The Church Present at Mass

 

            57. But in the Eucharistic prayer, we invoke not only the Father, but all the angels and saints in heaven. In the First Eucharistic prayer, we even have a litany of saints we mention by name. The First Eucharistic prayer is also called the Roman Canon. It is the only Eucharistic Prayer the Church used until about forty years ago. It was prayed for centuries before Pope Gregory, in the very early seventh century, codified it for regular use. The fact that now there are tons of Eucharistic prayers, clearly not used or drafted by the apostles, puts a great strain on theologians who defend apostolic succession; but we need not fear, for as long as we stay faithful to the Catholic Church, which has the power to loose and bind, in doing so we stay faithful to God. The first Eucharistic prayer tastes too “old Church” for many self-styled “modern” priests today; and it is too long for those who are impatient. The second Eucharistic prayer is far shorter and most priests use this one for its brevity.

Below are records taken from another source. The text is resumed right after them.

//! The equality classes of pointer atoms.
#![tactic(auto)]

mod forest;
mod marks;

ghost use Rattle.std.specs.Prelude.{◌<◌, ◌^◌, length, IfOk, IfErr};
ghost use Rattle.std.specs.List.{All};
ghost use Rattle.cc_base.specs.Classes.{PointersBelow, AreClasses};
ghost use Rattle.sym_expr.specs.AtomsSeen.{atom_of, atoms_of};
ghost use Rattle.pointer_solver.specs.Faults.{IsFault};

use crate::forest::Forest;
use cc_base::Items;
use std::alloc::{AllocError, Global};
use sym_expr::Atom;
use thiserror::Error;

/// The class of each place: 0 for NULL's class, and for a place that no atom mentions.
pub type Classes = Items<u32>;

/// Why there are no classes.
#[derive(Clone, Copy, Debug, PartialEq, Eq, Error)]
pub enum PointerFault {
    /// The index, among the atoms, of the first disequality whose sides the equalities force to be the same.
    #[error("the atom {0} contradicts the equalities")]
    Unsat(u32),
    #[error("out of memory")]
    NoMemory,
}

impl From<AllocError> for PointerFault {
    ghost use Rattle.std.specs.Prelude.{◌≡◌};
    ghost use Rattle.pointer_solver.specs.declared.PointerFault.TheVariants.{NoMemory};

    ghost from_gives = { λ _ fault. fault ≡ NoMemory };

    fn from(_error: AllocError) -> Self {
        PointerFault::NoMemory
    }
}

/// The classes of `places` places that the pointer atoms force, or the first atom that contradicts them.
pub fn solve_pointers(alloc: Global, places: u32, atoms: &[Atom]) -> Result<Classes, PointerFault>
    requires few { length atoms.now < 2 ^ 32 }
    requires pointers { All (λ a. PointersBelow places (atom_of a)) atoms.now }
    ensures classes { IfOk result (λ classes. AreClasses (atoms_of atoms.now) places classes) }
    ensures fault { IfErr result (λ f. IsFault (atoms_of atoms.now) f) }
{
    let mut forest = Forest::new(alloc, places)?;
    forest.state_all(atoms);
    if let Some(index) = forest.first_contradiction(atoms) {
        return Err(PointerFault::Unsat(index));
    }
    let mut classes = vec![in alloc; 0; places as usize]?;
    forest.mark_all(&mut classes, atoms);
    Ok(Items::from_vec(classes))
}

            58. When we invoke the saints, we start with Our Lady, first of all the saints, who has a unique and superior relationship to God the Son, and we should love her and pray to her and ask her often for her intercession. Then we invoke not all the saints, but the apostles and the martyrs. Apostles, since they govern the Church and have passed the whole of Catholicism on to us; the martyrs, since the Mass is a sacrifice of flesh and blood. We invoke those who were clergy, those who were lay, we invoke both men and women. We even invoke the angels, and the saints are not angels in heaven but still humans, awaiting the resurrection of their bodies. Angels tend to the throne of God, and they carry the divine sacrifice and all our prayers with them to the altar of God, where he lovingly looks down upon us, his children, with tenderness and mercy.

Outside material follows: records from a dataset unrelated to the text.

//! Trees of the nodes of sides: union by rank, and find with path halving.

ghost use Rattle.std.specs.Prelude.{◌≡◌, ◌≢◌, ◌<◌, ◌≤◌, ◌+◌, ◌-◌, ◌^◌, ◌↔◌, ℕ, List, [], ◌∷◌, ◌++◌, length};
ghost use Rattle.std.specs.Prelude.{slice_index, slice_get, IfOk, OnOk, IsTrue, MatchOption, Some};
ghost use Rattle.std.specs.List.{All};
ghost use Rattle.cc_base.specs.Forms.{Atom as PlainAtom};
ghost use Rattle.cc_base.specs.Classes.{SideBelow, PointersBelow};
ghost use Rattle.sym_expr.specs.AtomsSeen.{side_of, atom_of, atoms_of};
ghost use Rattle.pointer_solver.specs.Forest.{node, up, IsFirst, IsForest, IsRooted, Joins, Solves, ContradictedAt};

use std::alloc::{AllocError, Global};
use sym_expr::{Atom, PtrTerm};

/// The parents and ranks of the nodes. Node 0 is NULL's, and node p + 1 is that of place p.
#[derive(Drop)]
pub(crate) struct Forest {
    pub(crate) parents: Vec<u32>,
    pub(crate) ranks: Vec<u32>,
}

/// The node of a side.
pub(crate) fn node_of(side: PtrTerm) -> u32
    requires { SideBelow (2 ^ 32 - 1) (side_of side) }
    ensures { result ≡ node (side_of side) }
{
    match side {
        PtrTerm::Null => 0,
        PtrTerm::At(place) => place.0 + 1,
    }
}

impl Forest {
    fn parent(&self, node: u32) -> u32
        requires { node < length self.now.parents.items }
        ensures { result ≡ up self.now.parents.items node }
    {
        self.parents[node as usize]
    }

    fn rank(&self, node: u32) -> u32
        requires { node < length self.now.ranks.items }
        ensures { result ≡ slice_index self.now.ranks.items node }
    {
        self.ranks[node as usize]
    }

    /// The root of a node.
    pub(crate) fn find(&mut self, node: u32) -> u32
        requires within { node < length self.old.parents.items }
        requires forest { IsForest self.old.parents.items self.old.ranks.items }
        ensures forest { IsForest self.new.parents.items self.new.ranks.items }
        ensures ranks { self.new.ranks.items ≡ self.old.ranks.items }
        ensures len { length self.new.parents.items ≡ length self.old.parents.items }
        ensures rooted { (root : ℕ → ℕ) → IsRooted self.old.parents.items root
            → IsRooted self.new.parents.items root × (result ≡ root node) }
        ensures fixed { (x : ℕ) → up self.old.parents.items x ≡ x → up self.new.parents.items x ≡ x }
        ensures top { up self.new.parents.items result ≡ result }
        ensures inside { result < length self.new.parents.items }
    {
        let mut at = node;
        'climb: loop {
            let parent = self.parent(at);
            if parent == at {
                return at;
            }
            let above = self.parent(parent);
            self.parents[at as usize] = above;
            at = above;
        }
    }

    /// Hangs the root `below` on the root `above`.
    fn hang(&mut self, below: u32, above: u32)
        requires below_in { below < length self.old.parents.items }
        requires above_in { above < length self.old.parents.items }
        requires forest { IsForest self.old.parents.items self.old.ranks.items }
        requires below_root { up self.old.parents.items below ≡ below }
        requires above_root { up self.old.parents.items above ≡ above }
        requires apart { below ≢ above }
        requires order { slice_index self.old.ranks.items below ≤ slice_index self.old.ranks.items above }
        requires room { All (λ r. r < 2 ^ 32 - 1) self.old.ranks.items }
        ensures forest { IsForest self.new.parents.items self.new.ranks.items }
        ensures len { length self.new.parents.items ≡ length self.old.parents.items }
        ensures bound { (m : ℕ) → All (λ r. r ≤ m) self.old.ranks.items → All (λ r. r ≤ m + 1) self.new.ranks.items }
        ensures joined { (root : ℕ → ℕ) → IsRooted self.old.parents.items root
            → (joint : ℕ → ℕ) × IsRooted self.new.parents.items joint × Joins root joint below above }
    {
        let rank = self.rank(above).max(self.rank(below) + 1);
        self.ranks[above as usize] = rank;
        self.parents[below as usize] = above;
    }

    /// Makes one tree of the trees of two nodes.
    fn join(&mut self, a: u32, b: u32)
        requires a_in { a < length self.old.parents.items }
        requires b_in { b < length self.old.parents.items }
        requires forest { IsForest self.old.parents.items self.old.ranks.items }
        requires room { All (λ r. r < 2 ^ 32 - 1) self.old.ranks.items }
        ensures forest { IsForest self.new.parents.items self.new.ranks.items }
        ensures len { length self.new.parents.items ≡ length self.old.parents.items }
        ensures bound { (m : ℕ) → All (λ r. r ≤ m) self.old.ranks.items → All (λ r. r ≤ m + 1) self.new.ranks.items }
        ensures joined { (root : ℕ → ℕ) → IsRooted self.old.parents.items root
            → (joint : ℕ → ℕ) × IsRooted self.new.parents.items joint × Joins root joint a b }
    {
        let a = self.find(a);
        let b = self.find(b);
        if a == b {
            return;
        }
        if self.rank(a) <= self.rank(b) {
            self.hang(a, b);
        } else {
            self.hang(b, a);
        }
    }

    /// Each node by itself.
    pub(crate) fn new(alloc: Global, places: u32) -> Result<Forest, AllocError>
        ensures forest { IfOk result (λ f. IsForest f.parents.items f.ranks.items) }
        ensures len { IfOk result (λ f. length f.parents.items ≡ places + 1) }
        ensures bound { IfOk result (λ f. All (λ r. r ≤ 0) f.ranks.items) }
        ensures solved { IfOk result (λ f. Solves f.parents.items []) }
    {
        let mut parents = Vec::new(alloc);
        push_node(&mut parents, 0)?;
        for place in 0..places {
            push_node(&mut parents, place + 1)?;
        }
        let ranks = vec![in alloc; 0; parents.len()]?;
        Ok(Forest { parents, ranks })
    }

    /// Adds what an atom states.
    fn state(&mut self, atom: &Atom)
        requires pointers { PointersBelow (length self.old.parents.items - 1) (atom_of atom.now) }
        requires forest { IsForest self.old.parents.items self.old.ranks.items }
        requires room { All (λ r. r < 2 ^ 32 - 1) self.old.ranks.items }
        ensures forest { IsForest self.new.parents.items self.new.ranks.items }
        ensures len { length self.new.parents.items ≡ length self.old.parents.items }
        ensures bound { (m : ℕ) → All (λ r. r ≤ m) self.old.ranks.items → All (λ r. r ≤ m + 1) self.new.ranks.items }
        ensures solved { (l : List PlainAtom) → Solves self.old.parents.items l
            → Solves self.new.parents.items (l ++ atom_of atom.now ∷ []) }
    {
        if let Atom::Same(a, b) = atom {
            self.join(node_of(*a), node_of(*b));
        }
    }

    /// Adds what the atoms state.
    pub(crate) fn state_all(&mut self, atoms: &[Atom])
        requires pointers { All (λ a. PointersBelow (length self.old.parents.items - 1) (atom_of a)) atoms.now }
        requires few { length atoms.now < 2 ^ 32 }
        requires forest { IsForest self.old.parents.items self.old.ranks.items }
        requires bound { All (λ r. r ≤ 0) self.old.ranks.items }
        requires solved { Solves self.old.parents.items [] }
        ensures forest { IsForest self.new.parents.items self.new.ranks.items }
        ensures len { length self.new.parents.items ≡ length self.old.parents.items }
        ensures solved { Solves self.new.parents.items (atoms_of atoms.now) }
    {
        for atom in atoms {
            self.state(atom);
        }
    }

    /// Whether the atom is a disequality of sides in one tree.
    fn is_contradicted(&mut self, atom: &Atom) -> bool
        requires pointers { PointersBelow (length self.old.parents.items - 1) (atom_of atom.now) }
        requires forest { IsForest self.old.parents.items self.old.ranks.items }
        ensures forest { IsForest self.new.parents.items self.new.ranks.items }
        ensures len { length self.new.parents.items ≡ length self.old.parents.items }
        ensures found { (root : ℕ → ℕ) → IsRooted self.old.parents.items root
            → IsRooted self.new.parents.items root × (IsTrue result ↔ ContradictedAt root (atom_of atom.now)) }
    {
        match atom {
            Atom::Differ(a, b) => {
                let left = self.find(node_of(*a));
                left == self.find(node_of(*b))
            }
            _ => false,
        }
    }

    /// The index of the first disequality of sides in one tree.
    pub(crate) fn first_contradiction(&mut self, atoms: &[Atom]) -> Option<u32>
        requires pointers { All (λ a. PointersBelow (length self.old.parents.items - 1) (atom_of a)) atoms.now }
        requires few { length atoms.now < 2 ^ 32 }
        requires forest { IsForest self.old.parents.items self.old.ranks.items }
        ensures forest { IsForest self.new.parents.items self.new.ranks.items }
        ensures len { length self.new.parents.items ≡ length self.old.parents.items }
        ensures found { (root : ℕ → ℕ) → IsRooted self.old.parents.items root
            → IsRooted self.new.parents.items root × IsFirst root (atoms_of atoms.now) result }
    {
        for (i, atom) in atoms.iter().enumerate() {
            if self.is_contradicted(atom) {
                return Some(i as u32);
            }
        }
        None
    }
}

/// Adds a node by itself.
fn push_node(parents: &mut Vec<u32>, node: u32) -> Result<(), AllocError>
    requires { length parents.old.items ≡ node }
    ensures len { OnOk result (length parents.new.items ≡ node + 1) }
    ensures roots { OnOk result (((x : ℕ) → up parents.old.items x ≡ x) → (x : ℕ) → up parents.new.items x ≡ x) }
{
    if parents.push(node).is_err() {
        return Err(AllocError);
    }
    Ok(())
}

            And so the Eucharistic Prayer is a great, rich source to learn much about the Church itself, until Christ comes again.

 

            59. During the Eucharistic prayer, let us all, priest and congregation, pay special attention, let us call upon God as our Father here upon earth, and let us join all the angels in saints in the great sacrifice, allowing the Father’s grace to flood in upon our souls and make us true saints. Amen.